(Records contained in a dataset)
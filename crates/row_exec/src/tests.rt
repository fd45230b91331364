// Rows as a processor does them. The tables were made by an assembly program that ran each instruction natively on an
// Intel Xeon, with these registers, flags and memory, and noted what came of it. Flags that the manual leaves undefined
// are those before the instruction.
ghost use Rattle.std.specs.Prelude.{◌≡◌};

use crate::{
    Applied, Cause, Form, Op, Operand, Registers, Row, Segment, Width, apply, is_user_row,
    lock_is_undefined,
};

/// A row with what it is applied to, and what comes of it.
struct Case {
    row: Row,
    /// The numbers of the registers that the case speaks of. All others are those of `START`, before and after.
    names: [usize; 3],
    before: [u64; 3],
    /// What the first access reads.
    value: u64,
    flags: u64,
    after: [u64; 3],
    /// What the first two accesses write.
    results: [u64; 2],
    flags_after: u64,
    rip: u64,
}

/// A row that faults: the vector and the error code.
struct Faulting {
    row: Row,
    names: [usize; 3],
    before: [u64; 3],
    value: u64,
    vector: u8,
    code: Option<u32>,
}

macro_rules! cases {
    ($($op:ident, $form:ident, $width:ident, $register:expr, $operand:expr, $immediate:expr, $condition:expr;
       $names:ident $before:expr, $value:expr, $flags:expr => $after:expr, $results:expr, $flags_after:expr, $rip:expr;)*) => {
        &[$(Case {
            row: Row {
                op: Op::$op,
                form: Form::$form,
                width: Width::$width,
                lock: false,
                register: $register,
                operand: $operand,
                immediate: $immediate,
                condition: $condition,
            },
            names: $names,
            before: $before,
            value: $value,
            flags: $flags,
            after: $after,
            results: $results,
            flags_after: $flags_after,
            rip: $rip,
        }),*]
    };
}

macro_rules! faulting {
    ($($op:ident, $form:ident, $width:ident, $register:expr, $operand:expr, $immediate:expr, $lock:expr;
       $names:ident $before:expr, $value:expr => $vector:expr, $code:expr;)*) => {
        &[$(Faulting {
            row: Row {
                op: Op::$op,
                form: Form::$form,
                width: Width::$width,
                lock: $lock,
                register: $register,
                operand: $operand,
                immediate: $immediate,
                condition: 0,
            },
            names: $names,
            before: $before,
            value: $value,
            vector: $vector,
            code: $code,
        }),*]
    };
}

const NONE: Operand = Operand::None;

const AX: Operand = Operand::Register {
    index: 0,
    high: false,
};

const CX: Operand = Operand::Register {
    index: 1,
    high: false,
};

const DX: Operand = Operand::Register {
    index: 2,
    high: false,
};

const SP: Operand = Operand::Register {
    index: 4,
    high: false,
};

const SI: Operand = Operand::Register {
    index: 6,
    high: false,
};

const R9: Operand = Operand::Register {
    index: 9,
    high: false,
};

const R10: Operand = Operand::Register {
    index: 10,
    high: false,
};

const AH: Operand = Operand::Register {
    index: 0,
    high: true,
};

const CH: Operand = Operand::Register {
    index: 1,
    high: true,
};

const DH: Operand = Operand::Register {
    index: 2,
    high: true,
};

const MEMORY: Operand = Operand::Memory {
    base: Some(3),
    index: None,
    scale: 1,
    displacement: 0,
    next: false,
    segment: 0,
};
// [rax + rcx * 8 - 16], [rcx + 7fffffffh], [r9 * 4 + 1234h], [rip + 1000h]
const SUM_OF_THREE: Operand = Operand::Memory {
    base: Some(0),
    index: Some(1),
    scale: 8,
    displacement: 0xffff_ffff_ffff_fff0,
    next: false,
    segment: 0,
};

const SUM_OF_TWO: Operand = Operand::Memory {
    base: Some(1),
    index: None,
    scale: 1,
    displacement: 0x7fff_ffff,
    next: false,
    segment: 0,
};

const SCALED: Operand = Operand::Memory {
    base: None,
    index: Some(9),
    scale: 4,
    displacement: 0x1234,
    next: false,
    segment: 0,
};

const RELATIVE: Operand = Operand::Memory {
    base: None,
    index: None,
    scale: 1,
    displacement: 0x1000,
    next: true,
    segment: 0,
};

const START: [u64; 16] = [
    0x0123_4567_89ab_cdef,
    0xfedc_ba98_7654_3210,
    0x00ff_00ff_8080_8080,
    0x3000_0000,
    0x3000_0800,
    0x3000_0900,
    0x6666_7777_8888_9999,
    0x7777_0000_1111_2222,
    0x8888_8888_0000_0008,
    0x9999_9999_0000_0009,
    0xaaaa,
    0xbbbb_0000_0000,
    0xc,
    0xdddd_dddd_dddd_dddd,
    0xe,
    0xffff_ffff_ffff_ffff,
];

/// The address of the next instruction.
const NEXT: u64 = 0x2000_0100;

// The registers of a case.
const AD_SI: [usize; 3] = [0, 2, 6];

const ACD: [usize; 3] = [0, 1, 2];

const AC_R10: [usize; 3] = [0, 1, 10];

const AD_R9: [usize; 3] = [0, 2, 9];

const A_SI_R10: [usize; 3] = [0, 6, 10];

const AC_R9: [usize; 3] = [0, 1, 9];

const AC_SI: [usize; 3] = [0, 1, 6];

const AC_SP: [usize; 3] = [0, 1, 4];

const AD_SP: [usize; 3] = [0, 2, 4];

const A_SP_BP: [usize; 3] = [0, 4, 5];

> What to produce:
Each entry above should be output again, precisely as given.

> Exercise solution:
filename crates/row_exec/src/tests.rt
repository fd45230b91331364
// Rows as a processor does them. The tables were made by an assembly program that ran each instruction natively on an
// Intel Xeon, with these registers, flags and memory, and noted what came of it. Flags that the manual leaves undefined
// are those before the instruction.
ghost use Rattle.std.specs.Prelude.{◌≡◌};

use crate::{
    Applied, Cause, Form, Op, Operand, Registers, Row, Segment, Width, apply, is_user_row,
    lock_is_undefined,
};

/// A row with what it is applied to, and what comes of it.
struct Case {
    row: Row,
    /// The numbers of the registers that the case speaks of. All others are those of `START`, before and after.
    names: [usize; 3],
    before: [u64; 3],
    /// What the first access reads.
    value: u64,
    flags: u64,
    after: [u64; 3],
    /// What the first two accesses write.
    results: [u64; 2],
    flags_after: u64,
    rip: u64,
}

/// A row that faults: the vector and the error code.
struct Faulting {
    row: Row,
    names: [usize; 3],
    before: [u64; 3],
    value: u64,
    vector: u8,
    code: Option<u32>,
}

macro_rules! cases {
    ($($op:ident, $form:ident, $width:ident, $register:expr, $operand:expr, $immediate:expr, $condition:expr;
       $names:ident $before:expr, $value:expr, $flags:expr => $after:expr, $results:expr, $flags_after:expr, $rip:expr;)*) => {
        &[$(Case {
            row: Row {
                op: Op::$op,
                form: Form::$form,
                width: Width::$width,
                lock: false,
                register: $register,
                operand: $operand,
                immediate: $immediate,
                condition: $condition,
            },
            names: $names,
            before: $before,
            value: $value,
            flags: $flags,
            after: $after,
            results: $results,
            flags_after: $flags_after,
            rip: $rip,
        }),*]
    };
}

macro_rules! faulting {
    ($($op:ident, $form:ident, $width:ident, $register:expr, $operand:expr, $immediate:expr, $lock:expr;
       $names:ident $before:expr, $value:expr => $vector:expr, $code:expr;)*) => {
        &[$(Faulting {
            row: Row {
                op: Op::$op,
                form: Form::$form,
                width: Width::$width,
                lock: $lock,
                register: $register,
                operand: $operand,
                immediate: $immediate,
                condition: 0,
            },
            names: $names,
            before: $before,
            value: $value,
            vector: $vector,
            code: $code,
        }),*]
    };
}

const NONE: Operand = Operand::None;

const AX: Operand = Operand::Register {
    index: 0,
    high: false,
};

const CX: Operand = Operand::Register {
    index: 1,
    high: false,
};

const DX: Operand = Operand::Register {
    index: 2,
    high: false,
};

const SP: Operand = Operand::Register {
    index: 4,
    high: false,
};

const SI: Operand = Operand::Register {
    index: 6,
    high: false,
};

const R9: Operand = Operand::Register {
    index: 9,
    high: false,
};

const R10: Operand = Operand::Register {
    index: 10,
    high: false,
};

const AH: Operand = Operand::Register {
    index: 0,
    high: true,
};

const CH: Operand = Operand::Register {
    index: 1,
    high: true,
};

const DH: Operand = Operand::Register {
    index: 2,
    high: true,
};

const MEMORY: Operand = Operand::Memory {
    base: Some(3),
    index: None,
    scale: 1,
    displacement: 0,
    next: false,
    segment: 0,
};
// [rax + rcx * 8 - 16], [rcx + 7fffffffh], [r9 * 4 + 1234h], [rip + 1000h]
const SUM_OF_THREE: Operand = Operand::Memory {
    base: Some(0),
    index: Some(1),
    scale: 8,
    displacement: 0xffff_ffff_ffff_fff0,
    next: false,
    segment: 0,
};

const SUM_OF_TWO: Operand = Operand::Memory {
    base: Some(1),
    index: None,
    scale: 1,
    displacement: 0x7fff_ffff,
    next: false,
    segment: 0,
};

const SCALED: Operand = Operand::Memory {
    base: None,
    index: Some(9),
    scale: 4,
    displacement: 0x1234,
    next: false,
    segment: 0,
};

const RELATIVE: Operand = Operand::Memory {
    base: None,
    index: None,
    scale: 1,
    displacement: 0x1000,
    next: true,
    segment: 0,
};

const START: [u64; 16] = [
    0x0123_4567_89ab_cdef,
    0xfedc_ba98_7654_3210,
    0x00ff_00ff_8080_8080,
    0x3000_0000,
    0x3000_0800,
    0x3000_0900,
    0x6666_7777_8888_9999,
    0x7777_0000_1111_2222,
    0x8888_8888_0000_0008,
    0x9999_9999_0000_0009,
    0xaaaa,
    0xbbbb_0000_0000,
    0xc,
    0xdddd_dddd_dddd_dddd,
    0xe,
    0xffff_ffff_ffff_ffff,
];

/// The address of the next instruction.
const NEXT: u64 = 0x2000_0100;

// The registers of a case.
const AD_SI: [usize; 3] = [0, 2, 6];

const ACD: [usize; 3] = [0, 1, 2];

const AC_R10: [usize; 3] = [0, 1, 10];

const AD_R9: [usize; 3] = [0, 2, 9];

const A_SI_R10: [usize; 3] = [0, 6, 10];

const AC_R9: [usize; 3] = [0, 1, 9];

const AC_SI: [usize; 3] = [0, 1, 6];

const AC_SP: [usize; 3] = [0, 1, 4];

const AD_SP: [usize; 3] = [0, 2, 4];

const A_SP_BP: [usize; 3] = [0, 4, 5];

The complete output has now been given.